━━━ Data ━━━

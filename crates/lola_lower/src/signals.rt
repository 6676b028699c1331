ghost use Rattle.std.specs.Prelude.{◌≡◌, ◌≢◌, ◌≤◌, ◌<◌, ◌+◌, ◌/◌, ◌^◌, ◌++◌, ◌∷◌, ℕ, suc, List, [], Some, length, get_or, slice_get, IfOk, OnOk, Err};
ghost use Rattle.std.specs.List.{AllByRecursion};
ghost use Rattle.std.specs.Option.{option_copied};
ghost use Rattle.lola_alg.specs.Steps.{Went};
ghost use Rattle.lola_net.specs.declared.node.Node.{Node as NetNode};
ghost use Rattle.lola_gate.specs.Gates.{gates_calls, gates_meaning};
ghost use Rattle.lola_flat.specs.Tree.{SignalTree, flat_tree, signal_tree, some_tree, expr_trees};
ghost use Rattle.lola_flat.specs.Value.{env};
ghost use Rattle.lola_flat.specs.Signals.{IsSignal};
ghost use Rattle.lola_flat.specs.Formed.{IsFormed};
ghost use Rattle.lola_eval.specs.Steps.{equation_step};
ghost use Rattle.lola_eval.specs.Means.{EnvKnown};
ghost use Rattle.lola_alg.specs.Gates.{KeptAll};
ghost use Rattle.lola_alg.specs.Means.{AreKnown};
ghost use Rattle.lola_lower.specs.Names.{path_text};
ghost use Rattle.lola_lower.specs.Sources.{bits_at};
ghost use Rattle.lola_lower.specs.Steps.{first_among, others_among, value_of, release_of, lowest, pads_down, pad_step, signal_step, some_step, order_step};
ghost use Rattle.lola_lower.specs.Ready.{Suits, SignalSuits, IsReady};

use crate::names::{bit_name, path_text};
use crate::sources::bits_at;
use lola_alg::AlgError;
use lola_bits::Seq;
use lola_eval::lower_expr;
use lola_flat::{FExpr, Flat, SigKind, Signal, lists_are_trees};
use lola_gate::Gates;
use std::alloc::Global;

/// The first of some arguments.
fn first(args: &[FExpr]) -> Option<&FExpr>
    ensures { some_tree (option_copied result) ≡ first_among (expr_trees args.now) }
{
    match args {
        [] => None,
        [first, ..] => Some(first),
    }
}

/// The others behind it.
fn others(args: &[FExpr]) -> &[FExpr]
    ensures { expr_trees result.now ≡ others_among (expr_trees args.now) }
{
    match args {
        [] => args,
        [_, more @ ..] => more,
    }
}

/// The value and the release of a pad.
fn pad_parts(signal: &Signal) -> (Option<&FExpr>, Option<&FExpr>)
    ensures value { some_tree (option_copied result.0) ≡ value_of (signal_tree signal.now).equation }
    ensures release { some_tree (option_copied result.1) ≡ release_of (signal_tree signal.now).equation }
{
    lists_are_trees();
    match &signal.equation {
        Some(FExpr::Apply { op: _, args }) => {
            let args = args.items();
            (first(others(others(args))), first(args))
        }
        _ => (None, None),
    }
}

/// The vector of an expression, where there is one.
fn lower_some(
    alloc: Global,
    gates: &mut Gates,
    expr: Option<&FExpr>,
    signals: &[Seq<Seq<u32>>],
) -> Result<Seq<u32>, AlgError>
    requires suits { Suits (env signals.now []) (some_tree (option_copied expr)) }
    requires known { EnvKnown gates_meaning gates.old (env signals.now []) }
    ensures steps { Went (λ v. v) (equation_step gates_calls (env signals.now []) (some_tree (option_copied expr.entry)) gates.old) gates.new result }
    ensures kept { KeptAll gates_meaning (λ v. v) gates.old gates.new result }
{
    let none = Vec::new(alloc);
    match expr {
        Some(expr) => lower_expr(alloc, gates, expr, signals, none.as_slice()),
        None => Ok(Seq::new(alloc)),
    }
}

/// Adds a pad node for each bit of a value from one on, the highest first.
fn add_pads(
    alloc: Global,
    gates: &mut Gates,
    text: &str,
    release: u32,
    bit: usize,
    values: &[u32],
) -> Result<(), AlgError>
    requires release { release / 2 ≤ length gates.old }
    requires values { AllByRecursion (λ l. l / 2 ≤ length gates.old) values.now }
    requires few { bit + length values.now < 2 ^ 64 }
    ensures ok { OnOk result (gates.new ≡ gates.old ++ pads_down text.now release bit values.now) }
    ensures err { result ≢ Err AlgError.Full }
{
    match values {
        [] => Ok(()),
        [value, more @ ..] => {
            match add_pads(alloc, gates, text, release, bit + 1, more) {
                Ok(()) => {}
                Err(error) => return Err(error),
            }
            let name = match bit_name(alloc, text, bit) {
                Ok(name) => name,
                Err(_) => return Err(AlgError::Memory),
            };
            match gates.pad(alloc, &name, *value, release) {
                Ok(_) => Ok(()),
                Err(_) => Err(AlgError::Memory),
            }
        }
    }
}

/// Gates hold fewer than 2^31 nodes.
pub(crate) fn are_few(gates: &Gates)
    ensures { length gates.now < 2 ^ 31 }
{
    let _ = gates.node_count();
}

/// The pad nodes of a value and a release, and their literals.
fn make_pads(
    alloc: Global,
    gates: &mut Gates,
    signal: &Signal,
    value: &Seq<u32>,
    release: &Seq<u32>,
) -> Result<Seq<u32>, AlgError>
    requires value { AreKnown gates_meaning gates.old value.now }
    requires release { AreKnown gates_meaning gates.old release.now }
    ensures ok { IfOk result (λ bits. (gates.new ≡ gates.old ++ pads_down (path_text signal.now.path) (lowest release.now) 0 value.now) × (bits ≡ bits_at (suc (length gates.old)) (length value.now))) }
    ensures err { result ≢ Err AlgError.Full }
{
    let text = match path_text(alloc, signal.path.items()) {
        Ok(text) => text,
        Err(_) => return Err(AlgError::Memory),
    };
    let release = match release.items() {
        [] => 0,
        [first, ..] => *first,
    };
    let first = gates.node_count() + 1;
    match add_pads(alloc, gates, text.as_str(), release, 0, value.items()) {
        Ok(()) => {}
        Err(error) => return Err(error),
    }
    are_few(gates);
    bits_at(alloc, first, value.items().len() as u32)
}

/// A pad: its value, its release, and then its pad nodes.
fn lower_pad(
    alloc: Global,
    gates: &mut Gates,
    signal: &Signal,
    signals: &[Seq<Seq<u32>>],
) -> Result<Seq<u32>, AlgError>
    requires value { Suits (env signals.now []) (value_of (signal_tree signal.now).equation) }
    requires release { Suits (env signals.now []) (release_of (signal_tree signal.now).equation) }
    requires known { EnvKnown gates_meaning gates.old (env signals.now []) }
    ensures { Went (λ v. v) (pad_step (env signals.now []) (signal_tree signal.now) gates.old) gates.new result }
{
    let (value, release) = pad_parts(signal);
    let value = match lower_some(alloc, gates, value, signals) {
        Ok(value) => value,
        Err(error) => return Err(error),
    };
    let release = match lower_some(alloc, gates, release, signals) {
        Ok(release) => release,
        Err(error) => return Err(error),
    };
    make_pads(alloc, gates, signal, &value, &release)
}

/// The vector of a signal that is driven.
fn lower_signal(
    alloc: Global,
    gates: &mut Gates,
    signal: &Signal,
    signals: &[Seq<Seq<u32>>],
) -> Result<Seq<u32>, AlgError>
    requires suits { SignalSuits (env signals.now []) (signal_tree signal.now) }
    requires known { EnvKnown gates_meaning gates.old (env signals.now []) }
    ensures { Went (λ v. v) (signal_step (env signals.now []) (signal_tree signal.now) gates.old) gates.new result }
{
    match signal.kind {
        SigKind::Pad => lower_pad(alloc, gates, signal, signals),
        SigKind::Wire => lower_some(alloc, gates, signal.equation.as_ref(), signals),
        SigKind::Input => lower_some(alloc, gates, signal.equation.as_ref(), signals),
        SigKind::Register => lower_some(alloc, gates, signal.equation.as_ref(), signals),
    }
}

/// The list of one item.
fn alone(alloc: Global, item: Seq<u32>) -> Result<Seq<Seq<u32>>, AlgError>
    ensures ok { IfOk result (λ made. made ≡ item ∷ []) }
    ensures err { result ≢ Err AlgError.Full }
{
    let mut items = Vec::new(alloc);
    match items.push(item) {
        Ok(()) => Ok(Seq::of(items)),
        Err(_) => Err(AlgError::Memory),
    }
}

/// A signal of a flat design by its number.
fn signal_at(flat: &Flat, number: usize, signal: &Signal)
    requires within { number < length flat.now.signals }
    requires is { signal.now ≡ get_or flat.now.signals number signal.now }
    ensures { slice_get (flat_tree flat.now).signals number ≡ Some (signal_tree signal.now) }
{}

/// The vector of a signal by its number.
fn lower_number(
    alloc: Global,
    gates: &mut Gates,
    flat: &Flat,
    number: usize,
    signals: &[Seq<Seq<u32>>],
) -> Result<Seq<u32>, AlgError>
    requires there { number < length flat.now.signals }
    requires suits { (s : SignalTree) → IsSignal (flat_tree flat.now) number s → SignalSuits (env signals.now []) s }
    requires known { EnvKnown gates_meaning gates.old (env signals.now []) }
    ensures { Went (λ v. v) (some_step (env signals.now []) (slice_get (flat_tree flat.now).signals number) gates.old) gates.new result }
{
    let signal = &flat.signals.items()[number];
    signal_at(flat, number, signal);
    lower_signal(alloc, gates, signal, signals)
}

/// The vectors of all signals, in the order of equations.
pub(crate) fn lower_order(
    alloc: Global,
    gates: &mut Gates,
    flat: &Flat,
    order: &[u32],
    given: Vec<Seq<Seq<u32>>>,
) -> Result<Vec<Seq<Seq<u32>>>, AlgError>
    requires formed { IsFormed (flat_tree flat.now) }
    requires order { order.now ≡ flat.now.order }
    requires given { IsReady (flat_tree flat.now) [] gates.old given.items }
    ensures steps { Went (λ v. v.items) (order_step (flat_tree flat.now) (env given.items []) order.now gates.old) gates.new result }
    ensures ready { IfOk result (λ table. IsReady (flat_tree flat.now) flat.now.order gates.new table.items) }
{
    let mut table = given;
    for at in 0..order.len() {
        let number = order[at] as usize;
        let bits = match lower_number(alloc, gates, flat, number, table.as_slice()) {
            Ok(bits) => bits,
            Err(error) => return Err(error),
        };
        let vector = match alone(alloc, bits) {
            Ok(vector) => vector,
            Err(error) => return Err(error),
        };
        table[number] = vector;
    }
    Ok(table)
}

━━━

Assignment: In the listing above, show every line with the word "IsSignal".

Exercise output:
ghost use Rattle.lola_flat.specs.Signals.{IsSignal};
    requires suits { (s : SignalTree) → IsSignal (flat_tree flat.now) number s → SignalSuits (env signals.now []) s }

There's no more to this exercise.